Records provided
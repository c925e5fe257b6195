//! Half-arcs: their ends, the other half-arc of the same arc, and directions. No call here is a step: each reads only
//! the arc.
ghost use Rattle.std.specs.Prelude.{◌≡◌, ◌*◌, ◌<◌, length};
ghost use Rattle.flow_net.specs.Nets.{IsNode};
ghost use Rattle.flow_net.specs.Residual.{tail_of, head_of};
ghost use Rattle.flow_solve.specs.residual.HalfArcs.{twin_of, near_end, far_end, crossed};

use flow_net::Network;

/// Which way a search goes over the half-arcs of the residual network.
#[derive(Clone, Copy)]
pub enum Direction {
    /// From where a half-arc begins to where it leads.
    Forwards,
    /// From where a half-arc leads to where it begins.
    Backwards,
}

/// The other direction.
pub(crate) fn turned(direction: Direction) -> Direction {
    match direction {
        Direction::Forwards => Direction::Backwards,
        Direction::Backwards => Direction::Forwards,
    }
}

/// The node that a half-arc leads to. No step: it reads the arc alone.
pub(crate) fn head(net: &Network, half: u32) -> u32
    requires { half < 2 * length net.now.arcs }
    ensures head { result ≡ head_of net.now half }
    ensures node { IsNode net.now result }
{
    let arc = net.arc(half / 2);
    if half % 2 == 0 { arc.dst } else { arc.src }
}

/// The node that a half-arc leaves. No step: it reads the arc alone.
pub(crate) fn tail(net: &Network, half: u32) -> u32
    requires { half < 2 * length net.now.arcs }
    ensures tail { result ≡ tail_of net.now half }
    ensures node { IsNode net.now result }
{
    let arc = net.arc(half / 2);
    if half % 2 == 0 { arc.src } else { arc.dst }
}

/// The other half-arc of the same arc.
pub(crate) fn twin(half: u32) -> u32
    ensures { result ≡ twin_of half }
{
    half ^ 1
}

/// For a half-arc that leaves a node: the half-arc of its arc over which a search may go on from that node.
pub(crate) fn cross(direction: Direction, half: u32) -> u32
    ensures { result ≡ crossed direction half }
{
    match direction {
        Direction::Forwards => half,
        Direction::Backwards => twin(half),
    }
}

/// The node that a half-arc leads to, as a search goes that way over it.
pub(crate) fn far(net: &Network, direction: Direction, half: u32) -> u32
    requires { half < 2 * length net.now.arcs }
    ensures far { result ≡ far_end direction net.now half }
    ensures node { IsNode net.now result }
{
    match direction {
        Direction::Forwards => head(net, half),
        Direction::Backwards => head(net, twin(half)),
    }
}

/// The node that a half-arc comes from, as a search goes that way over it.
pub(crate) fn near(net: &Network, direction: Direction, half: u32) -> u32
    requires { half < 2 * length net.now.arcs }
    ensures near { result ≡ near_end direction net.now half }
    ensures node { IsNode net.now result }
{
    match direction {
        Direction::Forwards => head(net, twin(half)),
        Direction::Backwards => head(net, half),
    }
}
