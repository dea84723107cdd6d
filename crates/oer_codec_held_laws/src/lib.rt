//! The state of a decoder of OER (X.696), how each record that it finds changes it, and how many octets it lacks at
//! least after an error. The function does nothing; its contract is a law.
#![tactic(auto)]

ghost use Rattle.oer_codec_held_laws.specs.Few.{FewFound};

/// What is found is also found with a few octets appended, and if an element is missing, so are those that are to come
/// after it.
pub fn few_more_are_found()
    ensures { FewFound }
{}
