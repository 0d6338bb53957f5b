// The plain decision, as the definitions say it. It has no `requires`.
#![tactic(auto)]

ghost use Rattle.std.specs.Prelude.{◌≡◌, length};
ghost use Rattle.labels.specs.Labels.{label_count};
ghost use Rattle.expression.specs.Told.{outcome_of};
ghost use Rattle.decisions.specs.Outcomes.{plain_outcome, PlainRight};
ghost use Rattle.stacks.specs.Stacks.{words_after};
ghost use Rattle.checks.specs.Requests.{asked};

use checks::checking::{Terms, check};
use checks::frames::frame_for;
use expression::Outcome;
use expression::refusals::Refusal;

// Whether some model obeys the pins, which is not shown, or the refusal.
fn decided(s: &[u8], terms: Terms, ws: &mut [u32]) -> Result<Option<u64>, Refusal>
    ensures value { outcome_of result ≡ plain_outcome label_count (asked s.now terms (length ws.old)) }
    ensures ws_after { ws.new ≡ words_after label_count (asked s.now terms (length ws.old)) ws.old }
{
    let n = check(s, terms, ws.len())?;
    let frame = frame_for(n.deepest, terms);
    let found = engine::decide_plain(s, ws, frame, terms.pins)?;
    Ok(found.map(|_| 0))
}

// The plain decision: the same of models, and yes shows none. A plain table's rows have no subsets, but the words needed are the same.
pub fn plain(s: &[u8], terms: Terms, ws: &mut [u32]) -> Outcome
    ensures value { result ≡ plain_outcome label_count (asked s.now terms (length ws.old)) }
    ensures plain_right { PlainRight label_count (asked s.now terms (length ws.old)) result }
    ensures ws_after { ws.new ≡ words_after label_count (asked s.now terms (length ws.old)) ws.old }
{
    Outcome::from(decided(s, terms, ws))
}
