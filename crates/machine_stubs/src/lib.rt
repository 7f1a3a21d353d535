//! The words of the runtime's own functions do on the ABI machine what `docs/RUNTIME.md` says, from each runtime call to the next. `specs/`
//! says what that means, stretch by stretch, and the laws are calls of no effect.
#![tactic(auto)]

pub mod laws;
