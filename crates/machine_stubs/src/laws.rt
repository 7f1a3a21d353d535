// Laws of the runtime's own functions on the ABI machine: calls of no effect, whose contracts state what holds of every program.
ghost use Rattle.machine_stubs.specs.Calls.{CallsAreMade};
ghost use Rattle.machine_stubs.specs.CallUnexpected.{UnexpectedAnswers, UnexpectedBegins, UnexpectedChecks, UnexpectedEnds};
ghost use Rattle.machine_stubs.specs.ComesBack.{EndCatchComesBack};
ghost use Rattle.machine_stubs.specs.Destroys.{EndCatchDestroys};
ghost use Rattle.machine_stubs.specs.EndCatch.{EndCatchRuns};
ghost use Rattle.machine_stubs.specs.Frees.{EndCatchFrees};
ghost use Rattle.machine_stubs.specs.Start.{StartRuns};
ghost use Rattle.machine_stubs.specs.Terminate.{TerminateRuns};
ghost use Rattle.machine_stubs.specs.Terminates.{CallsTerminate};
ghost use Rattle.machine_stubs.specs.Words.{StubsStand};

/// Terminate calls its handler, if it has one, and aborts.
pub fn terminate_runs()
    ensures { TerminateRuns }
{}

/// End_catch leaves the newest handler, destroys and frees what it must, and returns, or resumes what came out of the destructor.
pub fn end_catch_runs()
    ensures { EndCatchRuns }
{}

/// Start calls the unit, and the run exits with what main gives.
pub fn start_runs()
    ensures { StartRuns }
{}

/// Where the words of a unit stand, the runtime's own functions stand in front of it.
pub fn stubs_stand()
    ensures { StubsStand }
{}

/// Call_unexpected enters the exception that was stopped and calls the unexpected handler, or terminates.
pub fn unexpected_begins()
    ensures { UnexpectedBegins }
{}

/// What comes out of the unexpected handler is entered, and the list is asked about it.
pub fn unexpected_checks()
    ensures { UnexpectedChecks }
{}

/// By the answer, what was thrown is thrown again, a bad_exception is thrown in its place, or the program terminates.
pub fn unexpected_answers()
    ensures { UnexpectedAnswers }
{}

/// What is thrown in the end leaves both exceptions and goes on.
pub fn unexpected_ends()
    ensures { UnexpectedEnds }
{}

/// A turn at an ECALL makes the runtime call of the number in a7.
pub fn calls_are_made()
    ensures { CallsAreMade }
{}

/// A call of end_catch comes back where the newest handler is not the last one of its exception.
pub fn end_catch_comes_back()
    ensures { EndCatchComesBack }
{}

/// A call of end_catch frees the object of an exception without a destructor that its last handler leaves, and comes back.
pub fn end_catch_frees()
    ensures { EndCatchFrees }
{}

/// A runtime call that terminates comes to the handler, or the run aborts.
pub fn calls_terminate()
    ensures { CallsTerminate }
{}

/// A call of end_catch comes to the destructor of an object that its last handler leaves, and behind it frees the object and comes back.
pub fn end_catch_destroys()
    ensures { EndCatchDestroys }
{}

What you are asked to do
Check each line of the entries above for the word "object". List the ones that have it.

Response
/// A call of end_catch frees the object of an exception without a destructor that its last handler leaves, and comes back.
/// A call of end_catch comes to the destructor of an object that its last handler leaves, and behind it frees the object and comes back.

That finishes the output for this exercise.